----- Data supplied

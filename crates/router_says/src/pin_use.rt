//! The nets on the pins of a logic block, by the words of its pinlist.
ghost use Rattle.std.specs.Prelude.{◌≡◌, ◌++◌, [], IfOk, OnOk, find, map, option_map, string_bytes};
ghost use Rattle.std.specs.Option.{option_map_or};
ghost use Rattle.router_says.specs.AtFault as spec;
ghost use Rattle.router_says.specs.AtFault.{first_pair, global_pin_said, is_made_global, is_on_global_pin, ordinary_uses, pair_said, same_class, use_here, use_said};
ghost use Rattle.fpga_text.specs.Said.{has_text};

use crate::phrases::{AND, FAULT_NET, FAULT_PIN, FAULT_PINS};
use fault_names::append_name;
use fpga_text::{Line, Lines, Style, is_text};
use fpga_types::PinSpec;
use std::alloc::{AllocError, Global};

/// A net on a pin: the pin by number, what it is, and the net by name.
#[derive(Clone, Copy)]
pub(crate) struct PinUse<'a> {
    number: usize,
    pin: PinSpec,
    net: &'a [u8],
}

/// The ordinary nets that the words of a pinlist name, on these pins.
pub(crate) fn ordinary_uses<'a>(
    alloc: Global,
    pins: &[PinSpec],
    text: &[u8],
    line: &mut Line<'a>,
) -> Result<Vec<PinUse<'a>>, AllocError>
    ensures { IfOk result (λ uses. map use_said uses.items
        ≡ ordinary_uses text.now 0 pins.now line.old.words) }
{
    let mut uses = Vec::new(alloc);
    for (number, pin) in pins.iter().enumerate() {
        let Some(word) = line.next_word() else {
            return Ok(uses);
        };
        add_use(
            &mut uses,
            text,
            PinUse {
                number,
                pin: *pin,
                net: word.text,
            },
        )?;
    }
    Ok(uses)
}

// Adds a net on a pin, where it is an ordinary one.
fn add_use<'a>(uses: &mut Vec<PinUse<'a>>, text: &[u8], used: PinUse<'a>) -> Result<(), AllocError>
    ensures { OnOk result (map use_said uses.new.items
        ≡ map use_said uses.old.items ++ use_here text.now (use_said used.entry)) }
{
    if is_text(used.net, b"open") {
        return Ok(());
    }
    if is_made_global(text, used.net) {
        return Ok(());
    }
    uses.push(used)?;
    Ok(())
}

// Whether a line of the text makes a net global.
fn is_made_global(text: &[u8], name: &[u8]) -> bool
    ensures { result ≡ is_made_global text.now name.now }
{
    let mut lines = Lines::new(text, Style::Joined);
    while let Some(mut line) = lines.next_line() {
        if makes_global(&mut line, name) {
            return true;
        }
    }
    false
}

// Whether a line, of which no word was taken yet, makes a net global.
fn makes_global(line: &mut Line<'_>, name: &[u8]) -> bool
    ensures { result ≡ spec.makes_global name.now line.old.words }
{
    line.next_is(b".global") && has_text(line, name)
}

// Whether one of the next words of a line is a name.
fn has_text(line: &mut Line<'_>, name: &[u8]) -> bool
    ensures { result ≡ has_text line.old.words name.now }
{
    while let Some(word) = line.next_word() {
        if is_text(word.text, name) {
            return true;
        }
    }
    false
}

/// Appends the first of these nets that is on a pin for global nets, and the pin.
pub(crate) fn append_global_pin(out: &mut String, uses: &[PinUse<'_>]) -> Result<(), AllocError>
    ensures { OnOk result (string_bytes out.new ≡ string_bytes out.old
        ++ option_map_or global_pin_said (find is_on_global_pin (map use_said uses.now)) []) }
{
    for used in uses {
        if used.pin.global {
            return append_pin(out, *used);
        }
    }
    Ok(())
}

fn append_pin(out: &mut String, used: PinUse<'_>) -> Result<(), AllocError>
    ensures { OnOk result
        (string_bytes out.new ≡ string_bytes out.old ++ global_pin_said (use_said used.entry)) }
{
    out.push_str(FAULT_NET)?;
    append_name(out, used.net)?;
    let number = used.number;
    write!(out, "{FAULT_PIN}{number}")
}

/// Appends the first of these nets that is on two pins of a class, and the pins.
pub(crate) fn append_shared_class(out: &mut String, uses: &[PinUse<'_>]) -> Result<(), AllocError>
    ensures { OnOk result (string_bytes out.new ≡ string_bytes out.old
        ++ option_map_or pair_said (first_pair (map use_said uses.now)) []) }
{
    for (i, used) in uses.iter().enumerate() {
        if let Some(other) = shared_with(*used, &uses[i + 1..]) {
            return append_pins(out, *used, other);
        }
    }
    Ok(())
}

// The first of these that is on the net of another, and of its class.
fn shared_with<'a>(used: PinUse<'a>, others: &[PinUse<'a>]) -> Option<PinUse<'a>>
    ensures { option_map use_said result
        ≡ find (same_class (use_said used.entry)) (map use_said others.now) }
{
    for other in others {
        if used.pin.class == other.pin.class && is_text(used.net, other.net) {
            return Some(*other);
        }
    }
    None
}

fn append_pins(out: &mut String, first: PinUse<'_>, second: PinUse<'_>) -> Result<(), AllocError>
    ensures { OnOk result (string_bytes out.new ≡ string_bytes out.old
        ++ pair_said (use_said first.entry, use_said second.entry)) }
{
    out.push_str(FAULT_NET)?;
    append_name(out, first.net)?;
    let one = first.number;
    let other = second.number;
    write!(out, "{FAULT_PINS}{one}{AND}{other}")
}
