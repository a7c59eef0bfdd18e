//! Words for the nets by which a placement needs more tracks than its cut asks for.
ghost use Rattle.std.specs.Prelude.{◌≡◌, ◌++◌, ◌-◌, OnOk, codes, decimal, flat_map, string_bytes, take};
ghost use Rattle.fault_names.specs.NameBytes.{name_said};
ghost use Rattle.router_says.specs.Raised.{alone_said, blamed_said, net_said, nets_said, raised_said, window_said};
ghost use Rattle.router_says.specs.declared.places.TheConstants.{NAME_LIMIT};
ghost use Rattle.route_sweep.specs.NetNames.{net_name};

use crate::phrases::{TO, WINDOW_ALONE, WINDOW_COLUMNS, WINDOW_NETS, WINDOW_ROWS};
use crate::places::{NAME_LIMIT, append_more};
use fault_names::append_name;
use fpga_types::Netlist;
use route_bound::CornerRange;
use run_outcome::{Outcome, Reason};
use std::alloc::AllocError;

/// Appends which nets need as many tracks by themselves, and where, if the outcome tells of tracks
/// and the run gives such a reason for them.
pub(crate) fn append_raised(
    out: &mut String,
    reason: &Option<Reason>,
    outcome: &Outcome,
) -> Result<(), AllocError>
    ensures { OnOk result (string_bytes out.new
        ≡ string_bytes out.old ++ raised_said reason.now outcome.now) }
{
    let Some(reason) = reason else {
        return Ok(());
    };
    match outcome {
        Outcome::Narrowed { .. } => append_blamed(out, reason),
        _ => Ok(()),
    }
}

// Appends where the window of a refutation is, and which of its nets that blames.
fn append_blamed(out: &mut String, reason: &Reason) -> Result<(), AllocError>
    ensures { OnOk result
        (string_bytes out.new ≡ string_bytes out.old ++ blamed_said reason.now) }
{
    append_window(out, reason.found.range)?;
    append_alone(out, reason.found.nets.len())?;
    append_nets(out, &reason.netlist, reason.found.nets.as_slice())?;
    Ok(())
}

// Appends which columns and rows of blocks have their corners in a range.
fn append_window(out: &mut String, range: CornerRange) -> Result<(), AllocError>
    ensures { OnOk result (string_bytes out.new ≡ string_bytes out.old ++ window_said range) }
{
    let left = u64::from(range.low.i) + 1;
    let bottom = u64::from(range.low.j) + 1;
    let CornerRange { high, .. } = range;
    write!(
        out,
        "{WINDOW_COLUMNS}{left}{TO}{}{WINDOW_ROWS}{bottom}{TO}{}.",
        high.i, high.j
    )
}

fn append_alone(out: &mut String, count: usize) -> Result<(), AllocError>
    ensures { OnOk result (string_bytes out.new ≡ string_bytes out.old ++ alone_said count) }
{
    write!(out, "{WINDOW_ALONE}{count}{WINDOW_NETS}")
}

// Appends nets by their numbers, the first of them by name.
fn append_nets(out: &mut String, netlist: &Netlist, row: &[u32]) -> Result<(), AllocError>
    ensures { OnOk result
        (string_bytes out.new ≡ string_bytes out.old ++ nets_said netlist.now row.now) }
{
    if row.len() <= NAME_LIMIT {
        return append_named(out, netlist, row);
    }
    append_named(out, netlist, &row[..NAME_LIMIT])?;
    append_more(out, row.len() - NAME_LIMIT)?;
    Ok(())
}

// Appends nets, each by name behind a blank.
fn append_named(out: &mut String, netlist: &Netlist, row: &[u32]) -> Result<(), AllocError>
    ensures { OnOk result (string_bytes out.new
        ≡ string_bytes out.old ++ flat_map (net_said netlist.now) row.now) }
{
    for number in row {
        append_net(out, netlist, *number)?;
    }
    Ok(())
}

// Appends a net by its number, by name behind a blank.
fn append_net(out: &mut String, netlist: &Netlist, number: u32) -> Result<(), AllocError>
    ensures { OnOk result
        (string_bytes out.new ≡ string_bytes out.old ++ net_said netlist.now number) }
{
    out.push_str(" ")?;
    append_name(out, net_name(netlist, number))?;
    Ok(())
}

// The name of a net by its number; empty where there is none.
fn net_name(netlist: &Netlist, number: u32) -> &[u8]
    ensures { result.now ≡ net_name netlist.now number }
{
    let Some(net) = netlist.nets.as_slice().get(number as usize) else {
        return b"";
    };
    net.name.bytes.as_slice()
}
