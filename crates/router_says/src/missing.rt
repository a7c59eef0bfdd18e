//! The keywords of an architecture that have no line.
ghost use Rattle.std.specs.Prelude.{◌≡◌, ◌++◌, OnOk, codes, string_bytes};
ghost use Rattle.router_says.specs.AtFault.{keyword_said, missing_said};

use crate::phrases::FAULT_NO_KEYWORD;
use fault_names::has_line;
use std::alloc::AllocError;

/// Appends the keywords of an architecture that have no line in this text.
pub(crate) fn append_missing(out: &mut String, text: &[u8]) -> Result<(), AllocError>
    ensures { OnOk result (string_bytes out.new ≡ string_bytes out.old ++ missing_said text.now) }
{
    append_four(
        out,
        text,
        "io_rat",
        "chan_width_io",
        "chan_width_x",
        "chan_width_y",
    )?;
    append_four(out, text, "inpin", "outpin", "switch_block_type", "Fc_type")?;
    append_four(out, text, "Fc_output", "Fc_input", "Fc_pad", "segment")
}

// Appends those of four keywords that have no line.
fn append_four(
    out: &mut String,
    text: &[u8],
    first: &str,
    second: &str,
    third: &str,
    fourth: &str,
) -> Result<(), AllocError>
    ensures { OnOk result (string_bytes out.new ≡ string_bytes out.old
        ++ (keyword_said text.now first.now ++ (keyword_said text.now second.now
        ++ (keyword_said text.now third.now ++ keyword_said text.now fourth.now)))) }
{
    append_keyword(out, text, first)?;
    append_keyword(out, text, second)?;
    append_keyword(out, text, third)?;
    append_keyword(out, text, fourth)
}

// Appends a keyword, if it has no line.
fn append_keyword(out: &mut String, text: &[u8], keyword: &str) -> Result<(), AllocError>
    ensures { OnOk result
        (string_bytes out.new ≡ string_bytes out.old ++ keyword_said text.now keyword.now) }
{
    if has_line(text, keyword.as_bytes()) {
        return Ok(());
    }
    write!(out, "{FAULT_NO_KEYWORD}{keyword}")
}
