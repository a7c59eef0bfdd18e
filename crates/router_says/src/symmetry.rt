//! Words for tracks that are to be pinned or kept in order, and are not alike enough.
ghost use Rattle.std.specs.Prelude.{◌≡◌, ◌++◌, OnOk, decimal, string_bytes};
ghost use Rattle.router_says.specs.Said.{lack_said, obstacle_said, option_said, reason_said};
ghost use Rattle.router_says.specs.declared.phrases.TheConstants.{ASYMMETRY_AT, ASYMMETRY_FORBIDS, ASYMMETRY_SO, TRACKS};

use crate::phrases::*;
use problem_facts::Asymmetry;
use run_outcome::Obstacle;
use std::alloc::AllocError;

/// Appends at which width tracks are not alike enough, what keeps them from it, and which option
/// can't be used.
pub(crate) fn append_obstacle(out: &mut String, width: u32, why: Obstacle) -> Result<(), AllocError>
    ensures { OnOk result
        (string_bytes out.new ≡ string_bytes out.old ++ obstacle_said width why) }
{
    append_reason(out, width, reason_said(why), option_said(why))
}

// Appends the same with these words for the reason and the option.
fn append_reason(out: &mut String, width: u32, reason: &str, option: &str) -> Result<(), AllocError>
    ensures { OnOk result (string_bytes out.new ≡ string_bytes out.old
        ++ (ASYMMETRY_AT.now ++ (decimal width ++ (TRACKS.now ++ (reason.now
        ++ (ASYMMETRY_SO.now ++ (option.now ++ ASYMMETRY_FORBIDS.now))))))) }
{
    write!(
        out,
        "{ASYMMETRY_AT}{width}{TRACKS}{reason}{ASYMMETRY_SO}{option}{ASYMMETRY_FORBIDS}"
    )
}

// What keeps tracks from being pinned or kept in order.
fn reason_said(why: Obstacle) -> &'static str
    ensures { result.now ≡ reason_said why }
{
    match why {
        Obstacle::Pins(why) => lack_said(ASYMMETRY_NOT_SUBSET, why),
        Obstacle::Order(why) => lack_said(ASYMMETRY_OTHER_PATTERN, why),
    }
}

// What keeps tracks from being alike enough, with these words for the switch blocks.
fn lack_said(blocks: &'static str, why: Asymmetry) -> &'static str
    ensures { result.now ≡ lack_said blocks.now why }
{
    match why {
        Asymmetry::Pattern => blocks,
        Asymmetry::Outputs => ASYMMETRY_OUTPUTS,
        Asymmetry::Inputs => ASYMMETRY_INPUTS,
        Asymmetry::Pads => ASYMMETRY_PADS,
    }
}

// The option that asks for what can't be.
fn option_said(why: Obstacle) -> &'static str
    ensures { result.now ≡ option_said why }
{
    match why {
        Obstacle::Pins(_) => OPTION_PIN,
        Obstacle::Order(_) => OPTION_SYMMETRY,
    }
}
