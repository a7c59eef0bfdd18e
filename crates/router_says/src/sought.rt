//! What is to be named of a fault, and by which files.
ghost use Rattle.std.specs.Prelude.{◌≡◌};
ghost use Rattle.router_says.specs.AtFault as spec;

use fpga_problem::TextFile as ProblemFile;
use run_outcome::TextFile;

/// What is to be named.
#[derive(Clone, Copy)]
pub(crate) enum Sought {
    /// The line as it stands.
    Standing,
    /// The keywords that have no line.
    Keywords,
    /// A net with a second driver, or without one.
    Drivers,
    /// A net without a sink.
    NoSink,
    /// An ordinary net on a pin for global nets.
    GlobalPin,
    /// A net on two pins of a class.
    SharedClass,
    /// A block without a place.
    NoPlace,
    /// A net without a Net line.
    NoLine,
    /// A line of a routed file, or a net that has none there.
    Routed,
}

/// What is sought where this code is told of this file.
pub(crate) fn sought_of(file: TextFile, code: u32) -> Sought
    ensures { result ≡ spec.sought_of file code }
{
    match (file, code) {
        (TextFile::Problem(ProblemFile::Architecture), 101) => Sought::Keywords,
        (TextFile::Problem(ProblemFile::Netlist), 204) => Sought::Drivers,
        (TextFile::Problem(ProblemFile::Netlist), 205) => Sought::NoSink,
        (TextFile::Problem(ProblemFile::Netlist), 206) => Sought::GlobalPin,
        (TextFile::Problem(ProblemFile::Netlist), 207) => Sought::SharedClass,
        (TextFile::Problem(ProblemFile::Placement), 305) => Sought::NoPlace,
        (TextFile::Problem(ProblemFile::Route), 502) => Sought::NoLine,
        _ => Sought::Standing,
    }
}

/// The two files whose texts say what is sought, where the file alone does not.
pub(crate) fn two_files(sought: Sought) -> Option<(TextFile, TextFile)>
    ensures { result ≡ spec.two_files sought }
{
    let netlist = TextFile::Problem(ProblemFile::Netlist);
    match sought {
        Sought::Standing | Sought::Keywords => None,
        Sought::Drivers | Sought::NoSink | Sought::GlobalPin | Sought::SharedClass => {
            Some((TextFile::Problem(ProblemFile::Architecture), netlist))
        }
        Sought::NoPlace => Some((netlist, TextFile::Problem(ProblemFile::Placement))),
        Sought::NoLine => Some((netlist, TextFile::Problem(ProblemFile::Route))),
        Sought::Routed => Some((netlist, TextFile::Routed)),
    }
}
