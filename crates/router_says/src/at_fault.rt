//! What is said of a fault in a file behind its line and its code: what is at fault, by its name,
//! or the line as it stands.
ghost use Rattle.std.specs.Prelude.{◌≡◌, ◌++◌, IfOk, OnOk, option_map, string_bytes};
ghost use Rattle.std.specs.Option.{option_copied};
ghost use Rattle.router_says.specs.AtFault.{Appends, IsRead, SaidByOne, SaidByTwo, Shows, both_shown, file_shown, said_by_both, sought_of};
ghost use Rattle.router_says.specs.Names.{asked, name_of};
ghost use Rattle.router_says.specs.declared.sought.Sought.TheVariants.{Routed as RoutedLine};
ghost use Rattle.run_outcome.specs.declared.text_file.TextFile.TheVariants.{Routed};

use crate::names::given_name;
use crate::shown::{append_both, append_shown};
use crate::sought::{Sought, sought_of, two_files};
use desk_io::{Desk, ReadStop, read_file};
use fpga_problem::TEXT_BYTES;
use router_words::Job;
use run_outcome::TextFile;
use std::alloc::{AllocError, Global};

/// Appends what is at fault at this line of a file, by its name where the code tells of something
/// that has one, and else as the line stands; or that the file is another one, where its first
/// bytes tell. The files are read once more for it.
pub(crate) fn append_at_fault<D: Desk>(
    alloc: Global,
    desk: &mut D,
    out: &mut String,
    job: Option<Job<'_>>,
    file: TextFile,
    line: u64,
    code: u32,
) -> Result<(), AllocError>
    ensures { OnOk result (Appends (Shows (D.state desk.old) (D.state desk.new)
        (name_of (asked job.entry)) file line (sought_of file code)) (string_bytes out.old)
        (string_bytes out.new)) }
{
    append_sought(alloc, desk, out, job, file, line, sought_of(file, code))
}

/// Appends what is at fault at this line of the routed file, which is judged: the line as it stands
/// and in which net, or a net that has no line.
pub(crate) fn append_judged_line<D: Desk>(
    alloc: Global,
    desk: &mut D,
    out: &mut String,
    job: Option<Job<'_>>,
    line: u64,
) -> Result<(), AllocError>
    ensures { OnOk result (Appends (Shows (D.state desk.old) (D.state desk.new)
        (name_of (asked job.entry)) Routed line RoutedLine) (string_bytes out.old)
        (string_bytes out.new)) }
{
    append_sought(
        alloc,
        desk,
        out,
        job,
        TextFile::Routed,
        line,
        Sought::Routed,
    )
}

// Appends what is sought, at this line of a file.
fn append_sought<D: Desk>(
    alloc: Global,
    desk: &mut D,
    out: &mut String,
    job: Option<Job<'_>>,
    file: TextFile,
    line: u64,
    sought: Sought,
) -> Result<(), AllocError>
    ensures { OnOk result (Appends (Shows (D.state desk.old) (D.state desk.new)
        (name_of (asked job.entry)) file line sought) (string_bytes out.old)
        (string_bytes out.new)) }
{
    match two_files(sought) {
        None => append_of_one(alloc, desk, out, job, file, line, sought),
        Some((first, second)) => {
            append_of_two(alloc, desk, out, job, first, second, line, sought)
        }
    }
}

// ---- of one file

// Appends what the text of a file says, if it is read.
fn append_of_one<D: Desk>(
    alloc: Global,
    desk: &mut D,
    out: &mut String,
    job: Option<Job<'_>>,
    file: TextFile,
    line: u64,
    sought: Sought,
) -> Result<(), AllocError>
    ensures { OnOk result (Appends (SaidByOne (D.state desk.old) (D.state desk.new)
        (name_of (asked job.entry) file) (file_shown file sought line)) (string_bytes out.old)
        (string_bytes out.new)) }
{
    let Some(text) = text_of(alloc, desk, given_name(job, file))? else {
        return Ok(());
    };
    append_shown(out, file, sought, line, &text)
}

// ---- of two files

// Appends what the texts of two files say, if both are read.
fn append_of_two<D: Desk>(
    alloc: Global,
    desk: &mut D,
    out: &mut String,
    job: Option<Job<'_>>,
    first: TextFile,
    second: TextFile,
    line: u64,
    sought: Sought,
) -> Result<(), AllocError>
    ensures { OnOk result (Appends (SaidByTwo (D.state desk.old) (D.state desk.new)
        (name_of (asked job.entry) first) (name_of (asked job.entry) second)
        (both_shown sought line)) (string_bytes out.old) (string_bytes out.new)) }
{
    let one = text_of(alloc, desk, given_name(job, first))?;
    let other = text_of(alloc, desk, given_name(job, second))?;
    append_by_both(alloc, out, one, other, line, sought)?;
    Ok(())
}

// Appends it by both texts, if they were read.
fn append_by_both(
    alloc: Global,
    out: &mut String,
    one: Option<Vec<u8>>,
    other: Option<Vec<u8>>,
    line: u64,
    sought: Sought,
) -> Result<(), AllocError>
    ensures { OnOk result (string_bytes out.new ≡ string_bytes out.old
        ++ said_by_both (both_shown sought line) (option_map (λ bytes. bytes.items) one)
        (option_map (λ bytes. bytes.items) other)) }
{
    let Some(one) = one else {
        return Ok(());
    };
    let Some(other) = other else {
        return Ok(());
    };
    append_both(alloc, out, &one, &other, line, sought)
}

// ---- what is read

// The bytes of a file, if it is read.
fn text_of<D: Desk>(
    alloc: Global,
    desk: &mut D,
    name: Option<&str>,
) -> Result<Option<Vec<u8>>, AllocError>
    ensures read { IfOk result (λ text. IsRead (D.state desk.old) (D.state desk.new)
        (option_copied name.entry) (option_map (λ bytes. bytes.items) text)) }
    ensures files { (D.state desk.new).files ≡ (D.state desk.old).files }
{
    let Some(name) = name else {
        return Ok(None);
    };
    match read_file(alloc, desk, name, TEXT_BYTES) {
        Ok(text) => Ok(Some(text)),
        Err(ReadStop::Fault) => Ok(None),
        Err(ReadStop::TooLong) => Ok(None),
        Err(ReadStop::Memory) => Err(AllocError),
    }
}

----------

▶ Exercise description: Your answer should be the exact lines above from the one with "let netlist = TextFile::Problem(ProblemFile::Netlist);" through the one with "use router_words::Job;", both included, and nothing besides.

▶ Result for this task:
    let netlist = TextFile::Problem(ProblemFile::Netlist);
    match sought {
        Sought::Standing | Sought::Keywords => None,
        Sought::Drivers | Sought::NoSink | Sought::GlobalPin | Sought::SharedClass => {
            Some((TextFile::Problem(ProblemFile::Architecture), netlist))
        }
        Sought::NoPlace => Some((netlist, TextFile::Problem(ProblemFile::Placement))),
        Sought::NoLine => Some((netlist, TextFile::Problem(ProblemFile::Route))),
        Sought::Routed => Some((netlist, TextFile::Routed)),
    }
}
filename crates/router_says/src/at_fault.rt
//! What is said of a fault in a file behind its line and its code: what is at fault, by its name,
//! or the line as it stands.
ghost use Rattle.std.specs.Prelude.{◌≡◌, ◌++◌, IfOk, OnOk, option_map, string_bytes};
ghost use Rattle.std.specs.Option.{option_copied};
ghost use Rattle.router_says.specs.AtFault.{Appends, IsRead, SaidByOne, SaidByTwo, Shows, both_shown, file_shown, said_by_both, sought_of};
ghost use Rattle.router_says.specs.Names.{asked, name_of};
ghost use Rattle.router_says.specs.declared.sought.Sought.TheVariants.{Routed as RoutedLine};
ghost use Rattle.run_outcome.specs.declared.text_file.TextFile.TheVariants.{Routed};

use crate::names::given_name;
use crate::shown::{append_both, append_shown};
use crate::sought::{Sought, sought_of, two_files};
use desk_io::{Desk, ReadStop, read_file};
use fpga_problem::TEXT_BYTES;
use router_words::Job;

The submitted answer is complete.